Agenda pelemahan KPK: Dari 'cicak vs buaya' hingga TWK

YLBHI endus rencana pelemahan KPK mulai disusun sejak 2019.

Peneliti Indonesia Corruption Watch (ICW) Kurnia Ramadhana (kedua kanan), Ketua Umum Yayasan Lembaga Bantuan Hukum Indonesia (YLBHI) Asfinawati (kedua kiri), Direktur Pusat Studi Konstitusi (PUSaKO) Fakultas Hukum Universitas Andalas Feri Amsari (kanan), dan Kepala Advokasi Lembaga Bantuan Hukum (LBH) Jakarta Nelson Nikodemus Simamora (kiri) memberikan keterangan pers menyoroti kinerja Pansel Capim KPK di gedung LBH Jakarta, Menteng, Jakarta, Minggu (28/7). /Antara Foto.

Ketua Umum Yayasan Lembaga Bantuan Hukum Indonesia (YLBHI) Asfinawati menyampaikan, rencana pelemahan KPK telah didengar secara informal oleh para pegiat hak asasi manusia (HAM) dan demokrasi sejak 2019.

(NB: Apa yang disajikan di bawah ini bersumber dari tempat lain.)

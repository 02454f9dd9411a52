ghost use Rattle.std.specs.Prelude.{◌≡◌};
ghost use Rattle.schedule_replay.specs.Replays.{refused_at};

use schedule_text::ScheduleFault;
use span_base::{Cause, DeviceFault, What};
use std::alloc::AllocError;
use thiserror::Error;
use world_core::StepFault;

/// Why a schedule isn't run to its end. Lines are counted from 1.
#[derive(Clone, Copy, Debug, PartialEq, Eq, Error)]
pub enum ReplayFault {
    /// The text is no schedule: this line is refused for this cause.
    #[error("line {line}: {}", .cause.word())]
    Bad { line: u64, cause: Cause },
    /// In this line the number passes the limit on what is named, or its event would pass it.
    #[error("line {line}: {number} passes the limit on {}", .what.word())]
    Limit { line: u64, what: What, number: u128 },
    /// The store refuses the event of this line for this cause.
    #[error("event of line {line}: {}", .cause.word())]
    BadEvent { line: u64, cause: Cause },
    /// The sink failed; it has taken a front of the run's text.
    #[error("the sink failed")]
    WriteFault,
    /// There was no memory; nothing was written, or a front of the run's text.
    #[error("out of memory")]
    NoMemory,
}

impl From<ScheduleFault> for ReplayFault {
    ghost use Rattle.std.specs.Prelude.{◌≡◌};
    ghost use Rattle.schedule_replay.specs.Replays.{unread};

    ghost from_gives = { λ fault told. told ≡ unread fault };

    fn from(fault: ScheduleFault) -> ReplayFault {
        match fault {
            ScheduleFault::Bad { line, cause } => ReplayFault::Bad { line, cause },
            ScheduleFault::Limit { line, what, number } => ReplayFault::Limit {
                line,
                what,
                number,
            },
            ScheduleFault::NoMemory(_) => ReplayFault::NoMemory,
        }
    }
}

impl From<DeviceFault> for ReplayFault {
    ghost use Rattle.std.specs.Prelude.{◌≡◌};
    ghost use Rattle.schedule_replay.specs.Replays.{unwritten};

    ghost from_gives = { λ fault told. told ≡ unwritten fault };

    fn from(fault: DeviceFault) -> ReplayFault {
        match fault {
            DeviceFault::Failed => ReplayFault::WriteFault,
            DeviceFault::NoMemory => ReplayFault::NoMemory,
        }
    }
}

impl From<AllocError> for ReplayFault {
    ghost use Rattle.std.specs.Prelude.{◌≡◌};
    ghost use Rattle.schedule_replay.specs.declared.fault.ReplayFault.TheVariants.{NoMemory};

    ghost from_gives = { λ error told. told ≡ NoMemory };

    fn from(_error: AllocError) -> ReplayFault {
        ReplayFault::NoMemory
    }
}

/// What is told of an event of this line that isn't taken.
pub fn refused_at(line: u64, fault: StepFault) -> ReplayFault
    ensures { result ≡ refused_at line fault }
{
    match fault {
        StepFault::NoActor => bad_event(line, Cause::Actor),
        StepFault::NoKey => bad_event(line, Cause::Key),
        StepFault::WrongMode => bad_event(line, Cause::Mode),
        StepFault::NoMessage { .. } => bad_event(line, Cause::Message),
        StepFault::NoCall => bad_event(line, Cause::Call),
        StepFault::Limit { what, number } => ReplayFault::Limit { line, what, number },
        // A replica in memory never answers this.
        StepFault::Taker(_) => ReplayFault::NoMemory,
        StepFault::NoMemory(_) => ReplayFault::NoMemory,
    }
}

fn bad_event(line: u64, cause: Cause) -> ReplayFault
    ensures { result ≡ ReplayFault.BadEvent line cause }
{
    ReplayFault::BadEvent { line, cause }
}
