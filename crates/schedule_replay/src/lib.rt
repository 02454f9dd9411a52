//! Schedules run: the text of the run of a schedule's events, written to a sink as it comes.
#![tactic(auto)]

mod fault;
mod laws;
mod log;
mod running;
mod whole_run;

pub use fault::{ReplayFault, refused_at};
pub use laws::{replayed_runs_may_run, worked_run_is_told};
pub use log::Log;
pub use whole_run::replay;

#[cfg(test)]
mod tests;
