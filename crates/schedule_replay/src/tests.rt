use crate::replay;
use span_base::MemSink;
use std::test::Fail;

#[test]
fn a_write_and_a_read(rt: HostRuntime) -> Result<(), Fail> {
    let alloc = rt.alloc();
    let text =
        b"span-schedule 1\nreplicas 3\nset strong 1 0/0,1,2/0,1,2 1/0,1,2/0,1,2\nkey 0\nproxy 0\nproxy 1\nbegin\nwrite 0 0 6869\ndeliver 0\ndeliver 1\ndeliver 3\ndeliver 4\ndeliver 5\ndeliver 6\ndeliver 8\ndeliver 9\nread 1 0\ndeliver 14\ndeliver 15\ndeliver 16\ndeliver 17\ndeliver 19\ndeliver 20\ndeliver 21\ndeliver 22\n";
    let told =
        b"begin 0.1 write 0 6869\nticket 0.1 1.1.0.1\nend 0.1 ok 1.1.0.1\nbegin 1.1 read 0\nend 1.1 ok 1.1.0.1 6869\nmessages 23\n";
    let mut out = MemSink::make(alloc, Vec::new(alloc));
    assert_eq!(rt; replay(alloc, text, &mut out), Ok(23));
    assert_eq!(rt; out.bytes(), told.as_slice());
    Ok(())
}
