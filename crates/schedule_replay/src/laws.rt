//! What is true of every run of a schedule.

ghost use Rattle.std.specs.Prelude.{◌≡◌, ℕ, List, Ok};
ghost use Rattle.world_core.specs.State.{opening};
ghost use Rattle.world_core.specs.Run.{IsHeader, MayRun};
ghost use Rattle.schedule_text.specs.declared.setting.Form.TheVariants.{Plain};
ghost use Rattle.schedule_text.specs.Schedules.{Schedule, schedule_of};
ghost use Rattle.schedule_text.specs.Rows.{strong_schedule};
ghost use Rattle.schedule_replay.specs.Rows.{StopsSo, strong_told, three_sent};

use schedule_text::laws::schedules_may_happen;

/// The header of a schedule that is read opens a store, and each event may happen where the run
/// comes to it: so what holds of every run holds of those that are replayed.
pub fn replayed_runs_may_run()
    ensures header { (text : List ℕ) (schedule : Schedule) → schedule_of Plain text ≡ Ok schedule → IsHeader schedule.header }
    ensures events { (text : List ℕ) (schedule : Schedule) → schedule_of Plain text ≡ Ok schedule → MayRun schedule.events (opening schedule.header) }
{
    schedules_may_happen();
}

/// The run of a small schedule is told as it was worked by hand.
#[tactic(auto, using(crate::proofs::Worked::strong_stops))]
pub fn worked_run_is_told()
    ensures { StopsSo strong_schedule strong_told 10 three_sent }
{}
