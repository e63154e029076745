// THE LIBRARY: every operation that a caller may use. Each takes any bytes, and its promise is one equation for every input.
// Everything that this crate rests on is inner.
#![tactic(auto)]

ghost use Rattle.std.specs.Prelude.{◌≡◌, []};
ghost use Rattle.standard.specs.Delivery.{given};
ghost use Rattle.standard.specs.Make.{canonicalise_made, maximise_made, minimise_made, list_made, check_made};
ghost use Rattle.standard.specs.Table.{located};
ghost use Rattle.standard.specs.Report.{report};
ghost use Rattle.table.specs.Lines.{value_is, value_if, value_of};
ghost use Rattle.reader.specs.Words.{report_is};
ghost use Rattle.operations.specs.Answer.{given_is, checked_is};
ghost use Rattle.operations.specs.Both.{whole_made};

use operations::canonicalise::canonicalise_tested;
use operations::chain::chain_tested;
use operations::complete::form_tested;
pub use operations::delivery::{Done, Refusal};
use operations::tables::{tested, unhinted};
pub use reader::Refusal as Unread;
pub use reader::report::Report;
pub use table_check::Fault;
use table_check::{check_aliases, check_likely, check_parents};

// Reads an identifier: language, script and region in canonical case before aliases, how many variants and extensions it
// has; or why reading refuses it, by number (1 to 7, 15, 16) and place.
pub fn read(id: &[u8]) -> Result<Report, Unread>
    ensures { report_is result ≡ report id.now }
{
    reader::report::read(id)
}

// The value of the first row with the key, as a part of the lent table; for all bytes.
pub fn lookup<'a>(t: &'a [u8], key: &[u8]) -> Option<&'a [u8]>
    ensures { let t = t.entry.now in value_is result ≡ value_if t (located t key.now) }
{
    table::lookup(t, key)
}

// The same value, or an empty part at the front of the table where no row has the key.
pub fn lookup_part<'a>(t: &'a [u8], key: &[u8]) -> &'a [u8]
    ensures { result.now ≡ value_of t.now (located t.now key.now) }
{
    lookup(t, key).unwrap_or(&t[..0])
}

// Checks the three tables, and gives the first fault (11 to 14) with its place and its table.
pub fn check(aliases: &[u8], likely: &[u8], parents: &[u8]) -> Result<(), Fault>
    ensures { given_is (checked_is result) [] ≡ given (check_made aliases.now likely.now parents.now) [] }
{
    table_check::check(aliases, likely, parents)
}

// Canonicalises an identifier into out: the refusals of the aliases (11 to 14), of reading (1 to 7, 15, 16), of a form
// over 255 bytes (9) and of a lent output that is too short (10); else the form stands at the front of out.
pub fn canonicalise(id: &[u8], aliases: &[u8], out: &mut [u8]) -> Result<Done, Refusal>
    ensures { given_is result out.new ≡ given (canonicalise_made aliases.now id.now) out.old }
{
    check_aliases(aliases)?;
    canonicalise_tested(id, unhinted(aliases), out)
}

// Tests the tables, then makes the maximised form, or with shorten the minimised one.
fn operation(
    shorten: bool,
    id: &[u8],
    aliases: &[u8],
    likely: &[u8],
    out: &mut [u8],
) -> Result<Done, Refusal>
    ensures { let out' = out.exit.now in let aliases = aliases.entry.now in let likely = likely.entry.now in let id = id.entry.now in
        let out = out.entry.now in
        given_is result out' ≡ given (whole_made shorten aliases likely id) out }
{
    check_likely(aliases, likely)?;
    let tables = tested(unhinted(aliases), unhinted(likely));
    form_tested(shorten, id, tables, out)
}

// Maximises an identifier into out: the refusals of the tables (11 to 14) and of canonicalising (1 to 7, 15, 16, 9), no
// likely row (8), a form over 255 bytes (9), a lent output that is too short (10); else the form stands at the front of
// out.
pub fn maximise(id: &[u8], aliases: &[u8], likely: &[u8], out: &mut [u8]) -> Result<Done, Refusal>
    ensures { given_is result out.new ≡ given (maximise_made aliases.now likely.now id.now) out.old }
{
    operation(false, id, aliases, likely, out)
}

// Minimises an identifier into out: refused exactly where maximising is, and then with the same number, before 10.
pub fn minimise(id: &[u8], aliases: &[u8], likely: &[u8], out: &mut [u8]) -> Result<Done, Refusal>
    ensures { given_is result out.new ≡ given (minimise_made aliases.now likely.now id.now) out.old }
{
    operation(true, id, aliases, likely, out)
}

// Lists the chain of an identifier into out: the refusals of the tables (11 to 14) and of canonicalising (1 to 7, 15, 16,
// 9), a lent output that is too short (10); else the lines stand at the front of out, with their length and the steps.
pub fn chain(id: &[u8], aliases: &[u8], parents: &[u8], out: &mut [u8]) -> Result<Done, Refusal>
    ensures { given_is result out.new ≡ given (list_made aliases.now parents.now id.now) out.old }
{
    check_parents(aliases, parents)?;
    chain_tested(id, unhinted(aliases), parents, out)
}
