// What a storage is: its meaning, its calls, what it answers, and the power cut.
//
// A storage is known by what it means: its size, the bytes that it shows, every
// content that may stand on it if power fails now, whether it lives, and whether it
// is in order. Code above a storage is proved from this meaning alone, so it holds on
// every kind of storage and on every stack of layers.
#![tactic(auto)]

pub mod cells;
pub mod client;
pub mod cuttable;
pub mod inside;
pub mod layer;
pub mod life;
pub mod piece;
pub mod pieces;
pub mod refusal;
pub mod sizes;
pub mod storage;
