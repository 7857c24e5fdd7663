// How many more steps a storage serves before it is gone.
ghost use Rattle.std.specs.Prelude.{◌≡◌};
ghost use Rattle.storage.specs.Lives.{spent};

// No Option: `None` would read as no life, which is what `spend` says by it.
#[derive(Clone, Copy, PartialEq, Eq, Debug)]
pub enum Life {
    Endless,
    Left(u64),
}

impl Life {
    // What is left after one step more; none where no step is left.
    pub fn spend(self) -> Option<Life>
        ensures { result ≡ spent self }
    {
        match self {
            Life::Endless => Some(Life::Endless),
            Life::Left(steps) => steps.checked_sub(1).map(Life::Left),
        }
    }
}
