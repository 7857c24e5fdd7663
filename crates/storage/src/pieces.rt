// A range, sector by sector.
ghost use Rattle.std.specs.Prelude.{◌≡◌, ◌+◌, ◌-◌, ◌^◌, ◌<◌};
ghost use Rattle.std.specs.Iterator.{at_most};
ghost use Rattle.storage.specs.Sectors.{NextPiece};

use crate::piece::{Piece, Pieces};
use crate::sizes::in_sector;

impl Pieces {
    // The pieces of `count` bytes at an offset.
    pub fn of(offset: usize, count: usize) -> Pieces
        requires { offset + count < 2 ^ 64 }
        ensures offset { result.offset ≡ offset }
        ensures count { result.count ≡ count }
        ensures done { result.done ≡ 0 }
    {
        Pieces {
            offset,
            count,
            done: 0,
        }
    }
}

impl Iterator for Pieces {
    type Item = Piece;

    ghost next_gives = { NextPiece };

    ghost remaining = { λ s. at_most (s.count - s.done) };

    fn next(&mut self) -> Option<Piece> {
        if self.done == self.count {
            return None;
        }
        let from = self.done;
        self.done += in_sector(self.offset + from, self.count - from);
        Some(Piece {
            from,
            to: self.done,
        })
    }
}
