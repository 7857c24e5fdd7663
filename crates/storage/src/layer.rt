// What a layer answers by itself, and what it makes of an answer from below.
ghost use Rattle.storage.specs.Layers.{OnRange, Lifts};
ghost use Rattle.storage.specs.Refusals.{spelled};

use crate::refusal::{LayerFault, Link, Name, Refusal};
use crate::sizes::passes;

// Declines a range that passes the size.
pub fn check_range<G>(
    name: Name,
    size: usize,
    offset: usize,
    count: usize,
) -> Result<(), Refusal<Link, G>>
    ensures { OnRange (spelled name) size offset count result }
{
    // The one place where a range is declined; `passes` is a bool, since a partition asks it too.
    if passes(size, offset, count) {
        return Err(Refusal::Outside(name.at(offset)));
    }
    Ok(())
}

// The answer with the layer's own link on top of a fault from below, which is carried whole.
pub fn lift<G>(
    name: Name,
    offset: usize,
    answer: Result<(), G>,
) -> Result<(), Refusal<Link, LayerFault<G>>>
    ensures { Lifts (spelled name) offset answer result }
{
    answer.map_err(|below| {
        Refusal::Gone(LayerFault {
            link: name.at(offset),
            below,
        })
    })
}
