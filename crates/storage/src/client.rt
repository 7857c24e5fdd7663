// What a user of any storage may rest on, from the storage's meaning alone.
ghost use Rattle.std.specs.Prelude.{◌≡◌, length};
ghost use Rattle.storage.specs.Meaning.{Only};
ghost use Rattle.storage.specs.Stores.{OnStore, StoreCalls, OldOrNew, WholeCell};

use crate::refusal::Refusal;
use crate::storage::Storage;

// Writes and syncs. Where one content alone might stand before, one cell of it is then the
// old or the new one, whatever the storage answered.
pub fn store<S: Storage>(
    s: &mut S,
    offset: usize,
    bytes: &[u8],
) -> Result<(), Refusal<S::Outside, S::Gone>>
    requires { (S.Storage.means s.old).in_order }
    ensures in_order { (S.Storage.means s.new).in_order }
    ensures does { OnStore offset bytes.now (S.Storage.means s.old) (S.Storage.means s.new) result }
    ensures calls { StoreCalls S.Storage.did offset bytes.now s.old result s.new }
    ensures cell { WholeCell offset (length bytes.now) → Only (S.Storage.means s.old).visible (S.Storage.means s.old) → OldOrNew offset bytes.now (S.Storage.means s.old).visible (S.Storage.means s.new) }
{
    s.write(offset, bytes)?;
    s.sync()
}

"Disinyalir akan ada langkah penyingkiran terhadap pada pegawai kritis KPK dengan pelaksanaan test tertentu disertai stigma Taliban, dan lain-lain. Itu artinya, sejak 2019 rencana pelemahan KPK sudah mulai disusun," ucap Asfinawati dalam diskusi LP3ES bertajuk "Integritas, Pelemahan KPK Dan Negara Hukum Indonesia", Selasa (1/6/2021).

Ia melanjutkan, proses pelemahan terhadap KPK sebagai ujung tombak perang terhadap pemberantasan korupsi merupakan bagian tak terpisahkan dari agenda pelemahan KPK sejak era 'cicak vs buaya' (cicak vs buaya ke-4).

"Proses yang berurutan terjadi sejak peristiwa Hak Angket terhadap KPK oleh DPR, Pansel KPK yang dimasalahkan publik dan pegawai KPK sendiri karena bermasalah ihwal rekam jejak Firli Bahuri, dan adanya 56 anggota komisi 3 DPR RI yang setuju dengan Firli Bahuri," ungkapnya.

Lebih jauh ia menerangkan, revisi UU KPK pada 2019 adalah langkah pelemahan yang lebih jauh yang kini bermuara pada pelaksaan tes wawasan kebangsaan (TWK) yang tak tercantum dalam revisi UU KPK dan Perppu No 41/2020.